Looking for insight and suggestions.

*Short version:*


Recorded TV or delayed TV unwatchable
Live TV and streaming Apps are OK.
This unit is not refurbished or modified. New directly from Tivo.
Signal strength on Bolt at 95% or above.

*Details:*
The Bolt is experiencing unwatchable pixalation when watching recorded TV or delayed lived TV. However live TV and streaming are working. Example, I can stream HBO, HULU, and Netflix on the Bolt without seeing any problems. I can watch TV live without pixelation, but if I pause the TV for 30 seconds and then watch delayed live TV, the video images are unrecognizable. All Bolt recordings are unwatchable\unrecognizable\freezing\etc.

The Bolt is running in parallel with my 5 year old Premier that never had any problems. Signal strength on both Bolt and Premiere are at 95% or above. I can't ever remember seeing a single pixelation problem with Premier.

I have high speed internet (xfinity) at 100mbs download (90mbps typical). No problems with internet.
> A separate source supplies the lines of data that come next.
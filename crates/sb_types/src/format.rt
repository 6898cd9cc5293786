//! The numbers of the format, each in this file alone. They are the first bytes of a frame, the kinds of messages, the
//! tags of slots and the reasons of a Bye. The lengths of the parts of a message are here too.

use crate::limits::{KEY_MOST, NAME_MOST, SHORT_TEXT_MOST, TEXT_MOST};

/// The first byte of a frame.
pub const FRAME_MARK: u8 = 0xa7;

/// The second byte of a frame, the version of the format.
pub const FRAME_VERSION: u8 = 3;

/// How many bytes of a frame come before its payload.
pub const HEADER_LENGTH: u64 = 6;

/// The kind of a Hello. A kind is the first byte of a payload.
pub const KIND_HELLO: u8 = 0x01;

/// The kind of a digest.
pub const KIND_DIGEST: u8 = 0x02;

/// The kind of a delta.
pub const KIND_DELTA: u8 = 0x03;

/// The kind of a Bye.
pub const KIND_BYE: u8 = 0x04;

/// The kind of an Ask.
pub const KIND_ASK: u8 = 0x10;

/// The kind of Rows.
pub const KIND_ROWS: u8 = 0x11;

/// The kind of a Put.
pub const KIND_PUT: u8 = 0x12;

/// The kind of a Done.
pub const KIND_DONE: u8 = 0x13;

/// The kind of a Refused.
pub const KIND_REFUSED: u8 = 0x14;

/// The kind of an AskStatus.
pub const KIND_ASK_STATUS: u8 = 0x15;

/// The kind of a NodeStatus.
pub const KIND_NODE_STATUS: u8 = 0x16;

/// The kind of an AskChange.
pub const KIND_ASK_CHANGE: u8 = 0x17;

/// The kind of a Notice.
pub const KIND_NOTICE: u8 = 0x18;

/// The kind of an AskAges.
pub const KIND_ASK_AGES: u8 = 0x19;

/// The kind of Ages.
pub const KIND_AGES: u8 = 0x1a;

/// The tag of a tombstone, the marker of a removed key. It has no value.
pub const TAG_REMOVED: u8 = 0;

/// The tag of an address.
pub const TAG_ADDR: u8 = 1;

/// The tag of a weight.
pub const TAG_WEIGHT: u8 = 2;

/// The tag of a flag.
pub const TAG_FLAG: u8 = 3;

/// The tag of a text.
pub const TAG_TEXT: u8 = 4;

/// The reason of a Bye that a node sends when its rounds are done.
pub const REASON_ROUNDS_DONE: u8 = 1;

/// The greatest reason of a Bye.
pub const REASON_MOST: u8 = 5;

/// How many bytes each of these takes: a kind, a tag, a flag, a reason and a notice. The number of a fault or of a figure
/// takes as many, and so does the state of a peer. The length of a name, of a key, of an address or of a short text does
/// too.
pub const BYTE_LENGTH: u64 = 1;

/// How many bytes each of these takes: a count of a list, and the length of a text.
pub const COUNT_LENGTH: u64 = 2;

/// How many bytes each of these takes: a version, a weight, the value of a figure, the number of a round, and a time.
pub const NUMBER_LENGTH: u64 = 8;

/// The most bytes that a name takes, its length included.
pub const NAME_LENGTH_MOST: u64 = BYTE_LENGTH + NAME_MOST as u64;

/// The most bytes that a key takes, its length included.
pub const KEY_LENGTH_MOST: u64 = BYTE_LENGTH + KEY_MOST as u64;

/// The most bytes that a short text takes, its length included.
pub const SHORT_TEXT_LENGTH_MOST: u64 = BYTE_LENGTH + SHORT_TEXT_MOST as u64;

/// The most bytes that a value takes: those of a text, its length included.
pub const VALUE_LENGTH_MOST: u64 = COUNT_LENGTH + TEXT_MOST as u64;

/// The most bytes that an entry takes: a key, a version, a tag and a value.
pub const ENTRY_LENGTH_MOST: u64 = KEY_LENGTH_MOST
    + NUMBER_LENGTH
    + BYTE_LENGTH
    + VALUE_LENGTH_MOST;

/// The most bytes that a block takes before its entries: a name, three versions and a count.
pub const BLOCK_HEAD_MOST: u64 = NAME_LENGTH_MOST + 3 * NUMBER_LENGTH + COUNT_LENGTH;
TiVo Mini has the same problems as Bolt, except that Live TV has far more pixalation problems. Since the Bolt is doing all the work, I am assuming the Bolt is the source of problem. No problems using streaming application such HBO, Hulu, youtube, Netflix, etc.


----------



## kpeters59 (Jun 19, 2007)

Sounds like a bad Bolt...sorry to hear that.

Call TiVo tomorrow?

-KP


----------



## JCN (Feb 4, 2016)

I have the same problem with some recordings. I thought it might have something to do with my external HD. Now I think maybe not.


----------



## mattyro7878 (Nov 27, 2014)

What do you mean "running in parallel" with the Premiere? Are you splitting a signal to the two boxes? If so , how are you splitting? Has the Premiere been affected?


----------



## jfpga (Sep 28, 2003)

i had this problem for a couple of months, simple fix for me was just making sure the coaxial cable going into the Bolt was properly seated all the way in.


----------



## nrnoble (Aug 25, 2004)

mattyro7878 said:


> What do you mean "running in parallel" with the Premiere? Are you splitting a signal to the two boxes? If so , how are you splitting? Has the Premiere been affected?
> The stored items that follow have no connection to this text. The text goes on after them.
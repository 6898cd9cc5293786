//! Deltas: what a node sends to a peer.

ghost use Rattle.std.specs.Prelude.{◌≡◌, [], nat_le, true, Some, None, OnSome, if◌then◌else◌, Ok, Err};
ghost use Rattle.std.specs.List.{list_all};
ghost use Rattle.sb_types.specs.Lengths.{block_length, delta_length};
ghost use Rattle.sb_types.specs.Limits.{are_owners_above, are_delta_blocks, is_delta_block, is_delta};

use crate::block::Block;
use crate::fault::Fault;
use crate::format::{BYTE_LENGTH, COUNT_LENGTH, KIND_DELTA};
use crate::limits::PAYLOAD_MOST;
use std::marker::Model;

/// Blocks of several owners that a node sends to a peer, in ascending order of the owners' names. A delta may have no
/// blocks. Its payload has at most 65,530 bytes.
#[derive(Debug, Drop)]
pub struct Delta {
    blocks: Vec<Block>,
    /// How many bytes its payload takes.
    length: u64,
}

impl Model for Delta {
    ghost use Rattle.std.specs.Prelude.{◌≡◌, true, List};
    ghost use Rattle.sb_types.specs.Records as records;

    ghost Value = { List records.Block };

    ghost use Rattle.sb_types.specs.Lengths.{delta_length};
    ghost use Rattle.sb_types.specs.Limits.{is_delta};

    ghost view = { λ d. d.blocks.items };

    ghost invariant = { λ d. (is_delta d.blocks.items ≡ true) × (d.length ≡ delta_length d.blocks.items) };
}

/// Returns whether each owner's name is after the one before it.
fn do_owners_ascend(blocks: &[Block]) -> bool
    ensures { result ≡ are_owners_above [] blocks.now }
{
    let mut last: &[u8] = &[];
    for block in blocks {
        let owner = block.owner().bytes();
        if !last.cmp(owner).is_lt() {
            return false;
        }
        last = owner;
    }
    true
}

/// Returns how many bytes the payload of a delta of these blocks takes, if that is within the limit.
fn length_within(blocks: &[Block]) -> Option<u64>
    ensures length { result ≡ (if nat_le (delta_length blocks.now) PAYLOAD_MOST then Some (delta_length blocks.now) else None) }
    ensures each { OnSome result (list_all is_delta_block blocks.now ≡ true) }
{
    let mut length = BYTE_LENGTH + COUNT_LENGTH;
    for block in blocks {
        length += block.encoded_length();
        if length > PAYLOAD_MOST {
            return None;
        }
    }
    Some(length)
}

impl Delta {
    /// Makes a delta of these blocks. It takes no memory. If a limit is broken, it drops the blocks and returns
    /// `Malformed(KIND_DELTA)`:
    ///
    /// - an owner's name is not after the one before it;
    /// - the payload would have more than 65,530 bytes.
    pub fn new(blocks: Vec<Block>) -> Result<Delta, Fault>
        ensures { result ≡ (if are_delta_blocks blocks.items then Ok blocks.items else Err (Fault.Malformed KIND_DELTA)) }
    {
        if !do_owners_ascend(&blocks) {
            return Err(Fault::Malformed(KIND_DELTA));
        }
        let Some(length) = length_within(&blocks) else {
            return Err(Fault::Malformed(KIND_DELTA));
        };
        Ok(Delta { blocks, length })
    }

    /// Returns the blocks, in ascending order of their owners' names.
    pub fn blocks(&self) -> &[Block]
        ensures blocks { result.now ≡ self.now }
        ensures delta { is_delta self.now ≡ true }
    {
        &self.blocks
    }

    /// Returns how many bytes the payload takes: 3 to 65,530.
    pub fn encoded_length(&self) -> u64
        ensures length { result ≡ delta_length self.now }
        ensures delta { is_delta self.now ≡ true }
    {
        self.length
    }
}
It just means they are both running next to each other.

It was split using a split installed and tested by a xfinity tech a couple of years ago. I had two Tivo running without any problems with steady signal strength of 95 on the Tivos with snr of 37.


----------



## nrnoble (Aug 25, 2004)

I called tivo and they are claiming that the snr of 37 is too high and that anything over 35 is bad. *Can anyone verify that snr of 37 will cause serious recording problems? *


----------



## mattyro7878 (Nov 27, 2014)

nrnoble said:


> It just means they are both running next to each other.
> 
> It was split using a split installed and tested by a xfinity tech a couple of years ago. I had two Tivo running without any problems with steady signal strength of 95 on the Tivos with snr of 37.


----------



## T-Shee (Sep 22, 2006)

nrnoble said:


> I called tivo and they are claiming that the snr of 37 is too high and that anything over 35 is bad. *Can anyone verify that snr of 37 will cause serious recording problems? *


No problem with an SNR of 37 here.

It's very likely that your coax is flakey or the splitter (if you have one in the line) is bad, and yes, splitters do go bad, esp. the cheap ones provided by your cable company. So buy a high quality splitter if you use one (typical for Tuning Adapter setups). It might be good idea to replace the coax cables behind/after the splitter with RG6 (or even RG11's) if you can. (RG11's are fairly stiff, somewhat inflexible, and may not be suitable for in-cabinet installations.)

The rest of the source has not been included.